Once the well is fully cased, it is necessary to install production tubing. Production tubing is suspended from a tubing hanger (TH); the tubing hanger being landed on previously installed casing hanger within the wellhead and then locked in place. The orientation of the TH around the vertical well axis is set in this step. A pressure test of the tubing hanger is then performed, and the production packer is set.

With the TH locked in place and tested, the work string including tubing hanger running tool is withdrawn. The BOP and HP riser may then be removed. A subsea vertical Xmas tree system (VXT) is then installed on the wellhead.

The template contains a number (e.g. 4) of slots/wellheads and it is necessary to go through the above steps for each wellhead. Each wellhead will receive a VXT. Located in the template between the VXTs is a production manifold whose purpose is to receive production flow from each VXT once the wells are producing, and to combine these flows into a single line to the host platform.
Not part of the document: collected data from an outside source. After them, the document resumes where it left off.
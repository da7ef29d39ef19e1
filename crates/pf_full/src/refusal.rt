ghost use Rattle.std.specs.Prelude.{◌≡◌, IfOk};
ghost use Rattle.serde_json.specs.View.{view};
ghost use Rattle.pf_full.specs.Full.{refusal_data};

use pf_desk::reply::Fault;
use pf_report::elements::Elements;
use pf_run_notes::refusals::{fault_code, fault_name};
use serde_json::{Value, json};
use std::alloc::{AllocError, Global};
use std::marker::Model;

/// A record of a script of which a command was refused.
#[derive(Clone, Copy)]
pub struct Refusal {
    /// The record's number, from 1; the heading counts.
    pub record: u64,
    /// Why the first of its commands that was refused was so.
    pub fault: Fault,
}

/// A refusal as an object.
fn refusal_value(alloc: Global, refusal: Refusal) -> Result<Value, AllocError>
    ensures { IfOk result (λ v. view v ≡ refusal_data refusal) }
{
    json!(in alloc; {
        "code": fault_code(refusal.fault),
        "reason": fault_name(refusal.fault),
        "record": refusal.record
    })
}

/// Refused records, by their number.
#[derive(Drop)]
pub struct RefusalRows {
    refusals: Vec<Refusal>,
}

impl Model for RefusalRows {
    ghost use Rattle.std.specs.Prelude.{List};
    ghost use Rattle.pf_full.specs.declared.refusal.Refusal.{Refusal};

    ghost Value = { List Refusal };

    ghost view = { λ r. r.refusals.items };
}

impl RefusalRows {
    ghost use Rattle.std.specs.Prelude.{◌≡◌, ◌∷◌, ◌+◌, ◌<◌, length, drop};

    /// These.
    pub fn of(refusals: Vec<Refusal>) -> Self
        ensures { result ≡ refusals.items }
    {
        RefusalRows { refusals }
    }

    /// The one at a place.
    fn get(&self, at: u64) -> Refusal
        requires { at < length self.now }
        ensures { drop at self.now ≡ result ∷ drop (at + 1) self.now }
    {
        self.refusals[at as usize]
    }

    /// How many there are.
    fn len(&self) -> u64
        ensures { result ≡ length self.now }
    {
        self.refusals.len() as u64
    }
}

impl Elements for RefusalRows {
    ghost use Rattle.std.specs.Prelude.{length, drop, map};
    ghost use Rattle.pf_full.specs.Full.{refusal_data};

    ghost count = { λ r. length r };

    ghost rest = { λ r at. map refusal_data (drop at r) };

    fn count(&self) -> u64 {
        self.len()
    }

    fn element(&self, alloc: Global, at: u64) -> Result<Value, AllocError> {
        refusal_value(alloc, self.get(at))
    }
}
Each VXT includes a connector known as a production outboard wing hub which, when the VXT and manifold are in place in the template, extends towards the manifold and connects with a corresponding inboard hub on the manifold. Since these hubs comprise steel conduit rigidly connected to the VXT or manifold, respectively, precise alignment between the VXTs and the manifold is critical to ensure a sound connection between the hubs. This alignment is achieved by the VXT and the manifold both being located on template guide posts so that both VXTs and manifold are aligned with respect to the template.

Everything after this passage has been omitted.